=== Section Start ===

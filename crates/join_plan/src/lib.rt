// mod.rs: the plan that a joining node starts from, read whole and written whole.
#![tactic(auto)]

ghost use Rattle.std.specs.Prelude.{ℕ, ◌≡◌, ◌+◌};
ghost use Rattle.bincode.specs.Answer.{outcome_as_said};
ghost use Rattle.bincode.specs.Numbers.{fixed};
ghost use Rattle.bincode.specs.Sizes.{base};
ghost use Rattle.join_plan.specs.JoinPlan.{PlanOf, plan_of, plan_held, read_plan, plan_bytes, plan_written, plan_said, to_variable_left, to_variable_said, to_fixed_left, to_fixed_said};

use bincode::{Decoded, Encoded, FixintEncoding, IntEncoding, Refusal, VarintEncoding};
use change::ChangeState;
use params::Params;
use pub_key_map::PubKeyMap;

#[derive(Clone, Copy)]
pub struct JoinPlan {
    pub era: u64,
    pub change: ChangeState,
    pub pub_keys: PubKeyMap,
    pub pub_key_set: u64,
    pub params: Params,
}

impl JoinPlan {
    // The bytes that are lent for a plan: no plan takes more.
    pub const BYTES: usize = 448;

    // 02, CR 5: the same in the variable-width edition.
    pub const VARINT_BYTES: usize = 491;
}

impl<E: IntEncoding> Decoded<E> for JoinPlan {
    ghost Value = { PlanOf };

    ghost held = { plan_held };

    ghost read_at = { read_plan E.edition base };

    #[tactic(auto, unfolding(crate::specs::JoinPlan::read_plan))]
    fn read(s: &[u8], at: usize) -> Result<(Self, usize), Refusal> {
        let (era, a) = E::read_u64(s, at)?;
        let (change, b) = <ChangeState as Decoded<E>>::read(s, a)?;
        let (pub_keys, c) = <PubKeyMap as Decoded<E>>::read(s, b)?;
        let (pub_key_set, d) = E::read_u64(s, c)?;
        let (params, e) = <Params as Decoded<E>>::read(s, d)?;
        let plan = JoinPlan {
            era,
            change,
            pub_keys,
            pub_key_set,
            params,
        };
        Ok((plan, e))
    }
}

impl<E: IntEncoding> Encoded<E> for JoinPlan {
    ghost bytes = { λ p. plan_bytes E.edition (plan_of p) };

    ghost longest = { E.longest 8 + ⟦<ChangeState as Encoded<E>>⟧.longest
        + (⟦<PubKeyMap as Encoded<E>>⟧.longest + (E.longest 8 + ⟦<Params as Encoded<E>>⟧.longest)) };

    fn size(&self) -> usize {
        let first = (self.era, self.change);
        Encoded::<E>::size(&(first, self.pub_keys, self.pub_key_set, self.params))
    }

    fn write(&self, buf: &mut [u8], at: usize) -> usize {
        let first = (self.era, self.change);
        Encoded::<E>::write(
            &(first, self.pub_keys, self.pub_key_set, self.params),
            buf,
            at,
        )
    }
}

// The plan's bytes from the start of a buffer, and how many they are; row 1 where it is shorter than what is lent for a plan. Bytes behind the plan stay as they are.
#[tactic(auto, using(bincode::proofs::WriteLaws::has_room), unfolding(crate::specs::JoinPlan::plan_written, crate::specs::JoinPlan::plan_said))]
pub fn write_plan(buf: &mut [u8], p: JoinPlan) -> Result<usize, Refusal>
    ensures { (buf.new ≡ plan_written fixed base.plan buf.old (plan_of p))
        × (outcome_as_said (λ (x : ℕ). x) result ≡ plan_said fixed base.plan buf.old (plan_of p)) }
{
    if buf.len() < JoinPlan::BYTES {
        return Err(Refusal::ShortBuffer);
    }
    let size = Encoded::<FixintEncoding>::size(&p);
    Encoded::<FixintEncoding>::write(&p, buf, 0);
    Ok(size)
}

// 02, CR 5: a plan of the fixed widths in the variable ones, from the start of a buffer, and how many bytes it is there. Row 1 below 491 bytes, before the plan is looked at; what is
// refused writes nothing.
#[tactic(auto, unfolding(crate::specs::JoinPlan::plan_converted, crate::specs::JoinPlan::conversion_said))]
pub fn to_variable(plan: &[u8], buf: &mut [u8]) -> Result<usize, Refusal>
    ensures { (buf.new ≡ to_variable_left base plan.now buf.old)
        × (outcome_as_said (λ (x : ℕ). x) result ≡ to_variable_said base plan.now buf.old) }
{
    if buf.len() < JoinPlan::VARINT_BYTES {
        return Err(Refusal::ShortBuffer);
    }
    let (p, _) = bincode::read_whole::<FixintEncoding, JoinPlan>(plan)?;
    Ok(Encoded::<VarintEncoding>::write(&p, buf, 0))
}

// 02, CR 5: a plan of the variable widths in the fixed ones, likewise. Row 1 below 448 bytes; row 16 for a number that is not as it should be.
#[tactic(auto, unfolding(crate::specs::JoinPlan::plan_converted, crate::specs::JoinPlan::conversion_said))]
pub fn to_fixed(plan: &[u8], buf: &mut [u8]) -> Result<usize, Refusal>
    ensures { (buf.new ≡ to_fixed_left base plan.now buf.old)
        × (outcome_as_said (λ (x : ℕ). x) result ≡ to_fixed_said base plan.now buf.old) }
{
    if buf.len() < JoinPlan::BYTES {
        return Err(Refusal::ShortBuffer);
    }
    let (p, _) = bincode::read_whole::<VarintEncoding, JoinPlan>(plan)?;
    Ok(Encoded::<FixintEncoding>::write(&p, buf, 0))
}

=== Section End ===

** PROBLEM DESCRIPTION **
Each line of the data that has the string "many" should be returned.

** YOUR SOLUTION **
// The plan's bytes from the start of a buffer, and how many they are; row 1 where it is shorter than what is lent for a plan. Bytes behind the plan stay as they are.
// 02, CR 5: a plan of the fixed widths in the variable ones, from the start of a buffer, and how many bytes it is there. Row 1 below 491 bytes, before the plan is looked at; what is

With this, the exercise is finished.